//! Instructions.
ghost use Rattle.std.specs.Prelude.{◌≡◌, ◌<◌, ◌↔◌, IsTrue, true, IfSome, IsSome};
ghost use Rattle.z_instr.specs.Table.{entry_at};
ghost use Rattle.z_instr.specs.Ranges.{are_within, are_registers_within, are_numbers_within, limits_of, AreBelowSixteen};

use crate::limits::{Limits, field_limits};
use crate::op::Op;

/// The fields of an instruction as plain numbers, of which nothing is known.
#[derive(Clone, Copy)]
pub struct Fields {
    pub r1: u8,
    pub r2: u8,
    pub r3: u8,
    pub x: u8,
    pub b: u8,
    pub d: i32,
    pub b2: u8,
    pub d2: i32,
    pub imm: i64,
    pub mask: u8,
}

/// An instruction: its operation and its fields, each in the range of its format. A field that the format
/// lacks is 0.
///
/// The first address is base `b`, index `x` and displacement `d`; the second is base `b2` and displacement
/// `d2`. `imm` is the immediate, the distance of the target in halfwords, or the length code of an operation
/// on two operands in storage. In a compare-immediate-and-branch `imm` is that distance and `d2` the
/// compared byte. `mask` is the mask, also where it stands in the place of a register.
#[derive(Clone, Copy)]
pub struct Instr {
    pub op: Op,
    pub r1: u8,
    pub r2: u8,
    pub r3: u8,
    pub x: u8,
    pub b: u8,
    pub d: i32,
    pub b2: u8,
    pub d2: i32,
    pub imm: i64,
    pub mask: u8,
    ghost r1_in: { r1 < 16 },
    ghost r2_in: { r2 < 16 },
    ghost r3_in: { r3 < 16 },
    ghost x_in: { x < 16 },
    ghost b_in: { b < 16 },
    ghost b2_in: { b2 < 16 },
    ghost mask_in: { mask < 16 },
    ghost shaped: { IsTrue (are_within (limits_of (entry_at op.number)) r1 r2 r3 x b d b2 d2 imm mask) },
}

impl Fields {
    ghost use Rattle.z_instr.specs.Made.{no_fields};

    /// All fields 0.
    pub fn zero() -> Fields
        ensures { result ≡ no_fields }
    {
        Fields {
            r1: 0,
            r2: 0,
            r3: 0,
            x: 0,
            b: 0,
            d: 0,
            b2: 0,
            d2: 0,
            imm: 0,
            mask: 0,
        }
    }

    fn are_registers_in(self, limits: Limits) -> bool
        ensures { result ≡
            are_registers_within limits self.r1 self.r2 self.r3 self.x self.b self.b2 self.mask }
    {
        self.r1 < limits.r1
            && (self.r2 < limits.r2
                && (self.r3 < limits.r3
                    && (self.x < limits.x
                        && (self.b < limits.b
                            && (self.b2 < limits.b2 && self.mask < limits.mask)))))
    }

    fn are_numbers_in(self, limits: Limits) -> bool
        ensures { result ≡ are_numbers_within limits self.d self.d2 self.imm }
    {
        limits.d.has(self.d as i64) && (limits.d2.has(self.d2 as i64) && limits.imm.has(self.imm))
    }

    fn are_in(self, limits: Limits) -> bool
        ensures { result ≡
            are_within limits self.r1 self.r2 self.r3 self.x self.b self.d self.b2 self.d2 self.imm self.mask }
    {
        self.are_registers_in(limits) && self.are_numbers_in(limits)
    }
}

/// Whether the operation's format allows each of the fields.
fn are_allowed(op: Op, fields: Fields) -> bool
    ensures exact { result ≡
        are_within (limits_of
        (entry_at op.number)) fields.r1 fields.r2 fields.r3 fields.x fields.b fields.d fields.b2 fields.d2 fields.imm fields.mask }
    ensures small { result ≡ true →
        AreBelowSixteen fields.r1 fields.r2 fields.r3 fields.x fields.b fields.b2 fields.mask }
{
    fields.are_in(field_limits(op))
}

impl Instr {
    ghost use Rattle.z_instr.specs.Made.{IsAllowed, Has};

    /// The instruction of an operation and of fields; None exactly where the operation's format does not
    /// allow one of them.
    pub fn new(op: Op, fields: Fields) -> Option<Instr>
        ensures allowed { IsSome result ↔ IsAllowed op fields }
        ensures made { IfSome result (Has op fields) }
    {
        if are_allowed(op, fields) {
            Some(Instr {
                op,
                r1: fields.r1,
                r2: fields.r2,
                r3: fields.r3,
                x: fields.x,
                b: fields.b,
                d: fields.d,
                b2: fields.b2,
                d2: fields.d2,
                imm: fields.imm,
                mask: fields.mask,
            })
        } else {
            None
        }
    }
}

——

List every line above that contains the word "mask".

--- The completed task ---
    pub mask: u8,
/// compared byte. `mask` is the mask, also where it stands in the place of a register.
    pub mask: u8,
    ghost mask_in: { mask < 16 },
    ghost shaped: { IsTrue (are_within (limits_of (entry_at op.number)) r1 r2 r3 x b d b2 d2 imm mask) },
            mask: 0,
            are_registers_within limits self.r1 self.r2 self.r3 self.x self.b self.b2 self.mask }
                            && (self.b2 < limits.b2 && self.mask < limits.mask)))))
            are_within limits self.r1 self.r2 self.r3 self.x self.b self.d self.b2 self.d2 self.imm self.mask }
        (entry_at op.number)) fields.r1 fields.r2 fields.r3 fields.x fields.b fields.d fields.b2 fields.d2 fields.imm fields.mask }
        AreBelowSixteen fields.r1 fields.r2 fields.r3 fields.x fields.b fields.b2 fields.mask }
                mask: fields.mask,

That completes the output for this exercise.